Jan 20, 2014

Miss Mossberg of 1948...

(...or so)

Hardly anyone sets out to collect Mossberg .22 rifles. Among firearms aesthetes it's declasse, like acquiring a hoard of museum quality Vegomatics.

I think that's a shame, though I concede that Winchester, Remington, and Browning made prettier rifles for the 1930-1950s mid-price market, good shooters, light and with finer "feel" and more graceful lines than the slightly cheaper Mossies.

O.F. Mossberg and Sons hardly ever played the anorexria game. Steel was cheap, and what are a few  more ounces in a tool designed to contain explosions and deliver energy precisely and consistently?  So some of them could look a bit clunky, like the 144ls or the 151.

I have a near-ugly 151* on the rack, seldom cleaned and never treated to spa day. It sometimes goes afield when the population of dirt clods gets out of hand. It kills them quickly and reliably, hardly ever bitching about the kind of ammunition it is fed.

Trading off the 144 ls was one of my all-time great errors. In the 70s I was mildly interested in four-position, 50-foot bullseye shooting, and it yielded nothing to Winchester 52 shooters (although I often did).

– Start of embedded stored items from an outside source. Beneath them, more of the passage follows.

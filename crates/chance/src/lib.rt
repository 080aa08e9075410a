// Chance (`chance_node`, `apply_chance_node` of the Rust): how many outcomes a draw has, what an index draws, and the index of a list.
#![tactic(auto)]

mod next;
mod ranks;

ghost use Rattle.rules.specs.Promises.{Counts, Draws, Ranks};

use image::check_image;
use next::draw_due;
use outcomes::count_due;
use ranks::rank_due;
use rules::{Drawn, Refusal};

// Refusals 50 to 56, 23, 28.
pub fn count(image: &[u16]) -> Result<u64, Refusal>
    ensures { Counts image.now result }
{
    check_image(image)?;
    count_due(image)
}

// Refusals 50 to 56, 23, 28, 27, 29. The next image goes to `out`, the cells in the order drawn to `list`.
pub fn draw(image: &[u16], index: u64, out: &mut [u16], list: &mut [u16]) -> Result<Drawn, Refusal>
    ensures { Draws image.now index out.old out.new list.old list.new result }
{
    check_image(image)?;
    draw_due(image, index, out, list)
}

// Refusals 50 to 56, 23, 28, 30.
pub fn rank(image: &[u16], list: &[u16]) -> Result<u64, Refusal>
    ensures { Ranks image.now list.now result }
{
    check_image(image)?;
    rank_due(image, list)
}
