// The rank of a list: each cell's place among the cells still free is a digit.
ghost use Rattle.rules.specs.Facts.{Sound};
ghost use Rattle.rules.specs.Promises.{Ranks};
ghost use Rattle.strips.specs.Marks.{unmarked, Counted, Free};
ghost use Rattle.chance.specs.Ranking.{Placed, Rankable, Ranked};

use outcomes::odds_of;
use rules::Refusal;
use strips::{count_strips, free_below, is_marked, take};

// The place of a free cell among the free ones, which it then leaves.
fn take_place(strips: &mut [u64; 16], tally: &mut [u8; 16], area: usize, c: usize) -> usize
    requires { Free area strips.old tally.old c }
    ensures { Placed area c strips.old strips.new tally.new result }
{
    let place = free_below(strips, tally, area, c);
    take(strips, tally, area, c);
    place
}

// Refusal 30, for a cell that is not free or stood in the list before: it has a mark then.
fn rank_cells(
    list: &[u16],
    area: usize,
    free: usize,
    strips: &mut [u64; 16],
    tally: &mut [u8; 16],
) -> Result<u64, Refusal>
    requires rankable { Rankable list.now area free strips.old }
    requires counted { Counted area strips.old tally.old }
    ensures { Ranked (unmarked strips.old area) list.now result }
{
    let mut rank: u64 = 0;
    for (j, word) in list.iter().enumerate() {
        let cell = usize::from(*word);
        if area <= cell || is_marked(strips, cell) {
            return Err(Refusal::List);
        }
        rank = rank * (free - j) as u64 + take_place(strips, tally, area, cell) as u64;
    }
    Ok(rank)
}

// Refusals 23, 28, 30.
pub fn rank_due(image: &[u16], list: &[u16]) -> Result<u64, Refusal>
    requires { Sound image.now }
    ensures { Ranks image.now list.now result }
{
    if image[2] == 0 {
        return Err(Refusal::NoneDue);
    }
    let mut strips = [0u64; 16];
    let found = odds_of(image, &mut strips);
    found.count.ok_or(Refusal::Count)?;
    if list.len() != found.size {
        return Err(Refusal::List);
    }
    let g = image[1] as usize;
    let area = g * g;
    let mut tally = [0u8; 16];
    count_strips(&strips, area, &mut tally);
    rank_cells(list, area, found.free, &mut strips, &mut tally)
}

The other one I love is the fake Tommy Gun. I've mentioned I picked up a nice one recently to replace another I gave to a nephew. She's been my companion on the two marginally decent plinking days of this evil January.

Mossberg 152. Not for sale. Or trade. Or gifting.

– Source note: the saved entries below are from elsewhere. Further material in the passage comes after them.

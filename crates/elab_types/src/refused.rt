// Why a phrase has no elaboration.
ghost use Rattle.std.specs.Prelude.{◌≡◌};
ghost use Rattle.elab_types.specs.declared.refused.Refused.TheVariants.{Memory};

use mlc_base::memory::NoMemory;
use mlc_base::place::Place;
use std::alloc::AllocFailed;

/// The cause, and where it stands.
#[derive(Clone, Copy, PartialEq, Eq, Debug)]
pub enum Refused {
    /// An identifier isn't bound.
    Unbound(Place),
    /// There is no typing.
    Mistyped(Place),
    /// A restriction is broken.
    Broken(Place),
    /// A type is too large.
    Large(Place),
    Memory,
}

impl From<NoMemory> for Refused {
    ghost from_gives = { λ _ e. e ≡ Memory };

    fn from(_error: NoMemory) -> Refused {
        Refused::Memory
    }
}

impl<T: Drop> From<AllocFailed<T>> for Refused {
    ghost from_gives = { λ _ e. e ≡ Memory };

    fn from(_error: AllocFailed<T>) -> Refused {
        Refused::Memory
    }
}
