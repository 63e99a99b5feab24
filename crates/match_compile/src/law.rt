// What the pass keeps, as contracts.

ghost use Rattle.ir_poly.specs.Prog.{Decs};
ghost use Rattle.ir_poly.specs.WellFormed.{Program};
ghost use Rattle.match_compile.specs.Laws.{KeepsMeaning, KeepsTyping, BindsOnce, MakesLocal, KeepsWeight, KeepsExceptions, StaysWellFormed, SameMeaning, BringsNoException, SameExpansion};

/// Any program and the tests that it becomes have one outcome at every number of turns, also where they go wrong.
pub fn compiled_does_the_same()
    ensures { (ds : Decs) → KeepsMeaning ds }
{}

/// A well typed program becomes well typed tests, and no miss gets out of them.
pub fn typing_is_kept()
    ensures { (ds : Decs) → KeepsTyping ds }
{}

/// What any program becomes binds each variable once, and each atom in its own function.
pub fn variables_are_bound()
    ensures once { (ds : Decs) → BindsOnce ds }
    ensures local { (ds : Decs) → MakesLocal ds }
{}

/// It stands for as many nodes of the source, and makes the same exceptions.
pub fn counts_are_kept()
    ensures weight { (ds : Decs) → KeepsWeight ds }
    ensures exceptions { (ds : Decs) → KeepsExceptions ds }
{}

/// What a pass has to keep: of a well formed program it makes a well formed one, with the same outcomes, no new exception and the same expansion.
pub fn programs_are_kept()
    ensures well_formed { (p : Program Decs) → StaysWellFormed p }
    ensures same { (p : Program Decs) → SameMeaning p }
    ensures exceptions { (p : Program Decs) → BringsNoException p }
    ensures size { (p : Program Decs) → SameExpansion p }
{}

I may even waste time rooting around in old gun magazine for paper copies of contemporary ads.

This one is from late in the 1948-57 production period.  The flipper became plastic about 1954.

Even in those calmer days you had to cut ad writers some slack. While the 152 was about the size and heft of the M1 Carbine, the forearm made it a Thompson to its target demographic -- imaginative 12-year-kids.

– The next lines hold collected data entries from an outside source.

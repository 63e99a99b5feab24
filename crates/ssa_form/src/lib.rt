// Programs in SSA form, and the checker of them.
#![tactic(auto)]

pub mod form;
pub mod labels;
pub mod scoped;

Minor geekery: The same flip-down marketing ploy was used on the bolt-action Model 142. The 152 came with a "peep" sight, the 152 K with opens.  The scoped option never sold well.  Most retail prices were a  few pennies under $30. Factory magazines held seven rounds, and they are now hard to find. Triple K aftermarkets hold 10 and cost $42 with shipping. Mine required tinkering with a file to even seat, then a little more to feed -- which is still does only about two-thirds of the time. After that dreary drill I ran across an OEM.


*The 151 and some others reflect a period in O.F.'s history when it had a serious love affair with Mannlicher stocks and Monte Carlo cheek pieces.  If you like retro-Kraut look, fine. If not you wonder, "what the hell? It's a ,22."